Return the lines below that contain the word "closing".

[Dataset entries]
========================

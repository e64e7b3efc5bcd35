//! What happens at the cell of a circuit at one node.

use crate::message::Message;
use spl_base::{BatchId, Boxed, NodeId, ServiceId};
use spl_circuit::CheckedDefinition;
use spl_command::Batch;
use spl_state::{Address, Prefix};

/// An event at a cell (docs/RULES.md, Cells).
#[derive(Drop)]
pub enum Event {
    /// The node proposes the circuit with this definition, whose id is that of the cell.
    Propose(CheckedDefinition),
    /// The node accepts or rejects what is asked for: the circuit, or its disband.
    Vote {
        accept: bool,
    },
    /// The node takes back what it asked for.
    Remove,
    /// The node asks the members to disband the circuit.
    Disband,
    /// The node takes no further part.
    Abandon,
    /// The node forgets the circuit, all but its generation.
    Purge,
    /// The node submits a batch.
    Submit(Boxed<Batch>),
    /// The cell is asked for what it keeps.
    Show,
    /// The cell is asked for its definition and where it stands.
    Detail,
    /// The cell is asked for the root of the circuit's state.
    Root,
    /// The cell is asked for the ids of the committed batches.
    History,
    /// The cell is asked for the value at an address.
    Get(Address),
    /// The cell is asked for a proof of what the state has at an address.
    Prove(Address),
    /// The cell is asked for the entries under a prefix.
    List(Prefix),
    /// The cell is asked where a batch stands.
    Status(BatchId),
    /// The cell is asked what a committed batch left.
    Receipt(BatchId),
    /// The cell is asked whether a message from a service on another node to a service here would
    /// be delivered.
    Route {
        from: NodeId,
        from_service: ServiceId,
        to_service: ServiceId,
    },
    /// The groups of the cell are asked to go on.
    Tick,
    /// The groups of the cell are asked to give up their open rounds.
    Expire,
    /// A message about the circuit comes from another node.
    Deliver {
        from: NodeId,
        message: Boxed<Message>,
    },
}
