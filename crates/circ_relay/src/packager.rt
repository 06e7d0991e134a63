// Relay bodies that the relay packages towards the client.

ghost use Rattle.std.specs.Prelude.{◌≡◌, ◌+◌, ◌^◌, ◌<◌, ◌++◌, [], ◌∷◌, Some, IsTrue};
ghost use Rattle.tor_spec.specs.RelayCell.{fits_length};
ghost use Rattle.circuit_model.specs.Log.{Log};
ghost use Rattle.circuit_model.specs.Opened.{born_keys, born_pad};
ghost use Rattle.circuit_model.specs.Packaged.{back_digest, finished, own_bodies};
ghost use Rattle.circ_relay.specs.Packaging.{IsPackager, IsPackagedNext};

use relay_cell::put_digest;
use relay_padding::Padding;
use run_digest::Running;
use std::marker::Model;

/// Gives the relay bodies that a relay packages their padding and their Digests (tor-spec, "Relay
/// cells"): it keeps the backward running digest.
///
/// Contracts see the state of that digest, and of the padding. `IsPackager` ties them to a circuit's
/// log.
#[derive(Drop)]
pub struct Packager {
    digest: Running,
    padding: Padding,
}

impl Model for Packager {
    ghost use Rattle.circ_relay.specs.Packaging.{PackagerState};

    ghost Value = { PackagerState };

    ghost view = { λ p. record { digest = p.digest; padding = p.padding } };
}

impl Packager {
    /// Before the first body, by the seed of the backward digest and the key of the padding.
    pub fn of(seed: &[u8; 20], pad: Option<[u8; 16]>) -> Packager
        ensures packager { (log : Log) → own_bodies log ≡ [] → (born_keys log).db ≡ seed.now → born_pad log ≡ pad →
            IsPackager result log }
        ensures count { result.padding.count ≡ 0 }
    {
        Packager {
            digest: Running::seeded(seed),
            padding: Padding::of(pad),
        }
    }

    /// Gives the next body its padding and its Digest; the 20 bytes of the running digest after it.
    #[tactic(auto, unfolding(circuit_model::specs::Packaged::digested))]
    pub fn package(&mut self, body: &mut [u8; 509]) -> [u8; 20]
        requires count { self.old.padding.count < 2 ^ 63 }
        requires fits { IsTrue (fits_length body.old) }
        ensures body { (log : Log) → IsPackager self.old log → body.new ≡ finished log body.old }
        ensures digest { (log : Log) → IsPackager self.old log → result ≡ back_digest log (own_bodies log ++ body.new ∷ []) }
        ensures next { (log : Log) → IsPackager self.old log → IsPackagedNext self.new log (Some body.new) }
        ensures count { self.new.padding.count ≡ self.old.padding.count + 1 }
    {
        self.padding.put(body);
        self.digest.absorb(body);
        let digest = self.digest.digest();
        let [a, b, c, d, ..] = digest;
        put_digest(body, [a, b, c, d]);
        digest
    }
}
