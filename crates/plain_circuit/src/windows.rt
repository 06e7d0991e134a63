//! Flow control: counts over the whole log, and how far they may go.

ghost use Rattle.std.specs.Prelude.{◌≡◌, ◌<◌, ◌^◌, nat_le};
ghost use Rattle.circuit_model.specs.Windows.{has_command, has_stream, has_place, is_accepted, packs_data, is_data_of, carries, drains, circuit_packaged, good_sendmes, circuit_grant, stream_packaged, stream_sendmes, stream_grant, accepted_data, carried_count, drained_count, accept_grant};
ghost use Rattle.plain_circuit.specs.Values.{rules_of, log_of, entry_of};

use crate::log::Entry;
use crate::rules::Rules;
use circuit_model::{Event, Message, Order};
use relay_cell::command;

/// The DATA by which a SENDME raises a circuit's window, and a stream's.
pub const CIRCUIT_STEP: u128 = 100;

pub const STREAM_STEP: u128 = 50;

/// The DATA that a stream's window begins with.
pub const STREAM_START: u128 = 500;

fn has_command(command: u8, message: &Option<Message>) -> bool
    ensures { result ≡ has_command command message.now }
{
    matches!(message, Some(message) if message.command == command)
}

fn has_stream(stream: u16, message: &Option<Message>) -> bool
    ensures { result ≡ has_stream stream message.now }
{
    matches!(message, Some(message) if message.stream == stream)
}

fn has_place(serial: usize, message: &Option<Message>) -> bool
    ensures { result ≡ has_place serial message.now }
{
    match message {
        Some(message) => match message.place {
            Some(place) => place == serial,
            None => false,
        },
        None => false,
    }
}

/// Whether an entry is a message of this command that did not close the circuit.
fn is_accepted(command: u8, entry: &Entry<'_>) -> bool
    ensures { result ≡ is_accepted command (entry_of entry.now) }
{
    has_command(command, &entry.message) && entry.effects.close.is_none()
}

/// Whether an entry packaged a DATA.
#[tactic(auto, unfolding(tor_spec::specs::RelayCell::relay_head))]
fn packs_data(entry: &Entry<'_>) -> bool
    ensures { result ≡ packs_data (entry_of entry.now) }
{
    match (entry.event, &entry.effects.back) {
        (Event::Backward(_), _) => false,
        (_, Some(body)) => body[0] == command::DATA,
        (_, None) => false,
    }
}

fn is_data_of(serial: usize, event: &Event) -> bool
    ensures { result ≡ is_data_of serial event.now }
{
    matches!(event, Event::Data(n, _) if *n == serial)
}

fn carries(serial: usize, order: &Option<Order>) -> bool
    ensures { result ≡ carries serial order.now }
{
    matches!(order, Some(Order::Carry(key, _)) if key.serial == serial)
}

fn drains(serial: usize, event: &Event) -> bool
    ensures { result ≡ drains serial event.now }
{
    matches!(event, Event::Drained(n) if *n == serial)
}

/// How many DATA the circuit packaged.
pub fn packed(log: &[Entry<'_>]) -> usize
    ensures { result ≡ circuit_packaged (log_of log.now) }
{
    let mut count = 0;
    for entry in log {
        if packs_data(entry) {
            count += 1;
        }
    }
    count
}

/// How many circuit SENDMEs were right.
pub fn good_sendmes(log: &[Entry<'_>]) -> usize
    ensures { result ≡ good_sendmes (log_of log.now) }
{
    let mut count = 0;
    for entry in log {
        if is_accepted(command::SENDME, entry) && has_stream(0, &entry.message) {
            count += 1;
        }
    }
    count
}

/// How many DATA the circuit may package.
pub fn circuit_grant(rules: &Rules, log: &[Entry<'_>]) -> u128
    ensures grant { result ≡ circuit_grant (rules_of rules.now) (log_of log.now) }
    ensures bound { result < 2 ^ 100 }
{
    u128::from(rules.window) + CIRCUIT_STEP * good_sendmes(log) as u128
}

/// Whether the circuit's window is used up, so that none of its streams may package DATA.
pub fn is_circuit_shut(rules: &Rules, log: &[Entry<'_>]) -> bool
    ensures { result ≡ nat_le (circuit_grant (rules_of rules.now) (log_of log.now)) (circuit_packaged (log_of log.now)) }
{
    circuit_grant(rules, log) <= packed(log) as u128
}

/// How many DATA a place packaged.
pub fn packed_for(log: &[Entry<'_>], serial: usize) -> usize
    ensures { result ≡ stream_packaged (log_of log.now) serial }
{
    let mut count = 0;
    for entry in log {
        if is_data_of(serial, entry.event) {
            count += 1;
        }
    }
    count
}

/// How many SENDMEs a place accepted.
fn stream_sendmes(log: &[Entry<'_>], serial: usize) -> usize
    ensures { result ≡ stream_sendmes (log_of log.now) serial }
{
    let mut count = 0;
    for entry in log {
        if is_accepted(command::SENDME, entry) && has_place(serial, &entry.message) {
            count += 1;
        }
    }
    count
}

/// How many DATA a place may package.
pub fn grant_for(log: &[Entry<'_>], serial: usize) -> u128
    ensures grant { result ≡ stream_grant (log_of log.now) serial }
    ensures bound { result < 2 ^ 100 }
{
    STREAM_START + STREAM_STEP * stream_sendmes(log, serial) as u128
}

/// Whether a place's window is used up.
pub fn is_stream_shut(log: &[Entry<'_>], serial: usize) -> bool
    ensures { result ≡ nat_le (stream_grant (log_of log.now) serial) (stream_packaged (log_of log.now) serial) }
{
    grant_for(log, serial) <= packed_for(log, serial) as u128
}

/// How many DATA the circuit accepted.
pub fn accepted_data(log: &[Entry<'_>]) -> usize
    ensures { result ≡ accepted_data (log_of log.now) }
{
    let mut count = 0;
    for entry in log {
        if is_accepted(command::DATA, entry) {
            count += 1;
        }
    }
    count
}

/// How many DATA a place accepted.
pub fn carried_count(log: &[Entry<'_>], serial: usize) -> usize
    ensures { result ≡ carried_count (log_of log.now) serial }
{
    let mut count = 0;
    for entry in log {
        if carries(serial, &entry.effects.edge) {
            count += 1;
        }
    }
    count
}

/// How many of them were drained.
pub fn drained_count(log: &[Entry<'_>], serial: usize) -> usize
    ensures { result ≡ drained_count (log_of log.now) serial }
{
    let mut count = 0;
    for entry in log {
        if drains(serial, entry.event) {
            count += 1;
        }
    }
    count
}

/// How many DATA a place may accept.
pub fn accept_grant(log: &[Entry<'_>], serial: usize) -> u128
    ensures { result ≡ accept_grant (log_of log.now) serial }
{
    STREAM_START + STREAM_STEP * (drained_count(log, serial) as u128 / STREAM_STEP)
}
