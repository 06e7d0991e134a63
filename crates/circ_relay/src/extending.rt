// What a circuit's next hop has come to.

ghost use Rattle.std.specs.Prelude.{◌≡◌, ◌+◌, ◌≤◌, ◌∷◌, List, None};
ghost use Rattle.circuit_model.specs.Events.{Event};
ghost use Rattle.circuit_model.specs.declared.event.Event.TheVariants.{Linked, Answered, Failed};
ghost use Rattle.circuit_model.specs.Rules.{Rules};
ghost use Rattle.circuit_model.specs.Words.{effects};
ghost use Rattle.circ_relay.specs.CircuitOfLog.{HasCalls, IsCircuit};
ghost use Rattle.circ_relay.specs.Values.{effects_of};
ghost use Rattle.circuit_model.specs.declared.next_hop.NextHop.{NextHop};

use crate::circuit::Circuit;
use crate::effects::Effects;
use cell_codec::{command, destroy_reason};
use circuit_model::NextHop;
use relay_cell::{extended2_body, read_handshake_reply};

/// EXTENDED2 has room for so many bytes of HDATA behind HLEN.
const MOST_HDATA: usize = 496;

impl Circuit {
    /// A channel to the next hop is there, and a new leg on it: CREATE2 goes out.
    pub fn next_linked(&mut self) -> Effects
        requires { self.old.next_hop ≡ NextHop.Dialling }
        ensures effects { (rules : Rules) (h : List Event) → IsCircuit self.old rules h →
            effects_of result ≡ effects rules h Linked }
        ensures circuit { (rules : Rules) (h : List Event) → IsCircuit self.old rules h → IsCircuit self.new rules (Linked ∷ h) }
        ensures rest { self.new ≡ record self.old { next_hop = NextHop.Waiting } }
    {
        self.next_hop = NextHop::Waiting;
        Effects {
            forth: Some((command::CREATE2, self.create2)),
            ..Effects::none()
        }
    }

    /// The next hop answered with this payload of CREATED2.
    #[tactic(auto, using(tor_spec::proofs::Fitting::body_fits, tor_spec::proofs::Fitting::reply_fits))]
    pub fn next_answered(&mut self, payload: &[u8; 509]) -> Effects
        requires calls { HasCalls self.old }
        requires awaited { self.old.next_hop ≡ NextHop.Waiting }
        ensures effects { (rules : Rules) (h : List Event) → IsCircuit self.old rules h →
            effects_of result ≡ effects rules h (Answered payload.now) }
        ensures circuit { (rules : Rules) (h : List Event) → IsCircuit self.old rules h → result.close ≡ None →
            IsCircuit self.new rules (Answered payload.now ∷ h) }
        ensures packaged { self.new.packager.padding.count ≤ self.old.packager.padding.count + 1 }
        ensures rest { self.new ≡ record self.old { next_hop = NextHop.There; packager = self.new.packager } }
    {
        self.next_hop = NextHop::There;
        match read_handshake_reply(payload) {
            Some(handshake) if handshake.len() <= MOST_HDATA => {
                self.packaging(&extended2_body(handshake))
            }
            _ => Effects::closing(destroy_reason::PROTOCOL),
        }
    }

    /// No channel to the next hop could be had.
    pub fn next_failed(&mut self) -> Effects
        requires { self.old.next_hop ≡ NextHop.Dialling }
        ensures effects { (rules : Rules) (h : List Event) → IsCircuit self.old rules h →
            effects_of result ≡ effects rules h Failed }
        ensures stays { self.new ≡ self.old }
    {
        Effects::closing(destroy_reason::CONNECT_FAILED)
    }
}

========================

Exercise answer
            _ => Effects::closing(destroy_reason::PROTOCOL),
        Effects::closing(destroy_reason::CONNECT_FAILED)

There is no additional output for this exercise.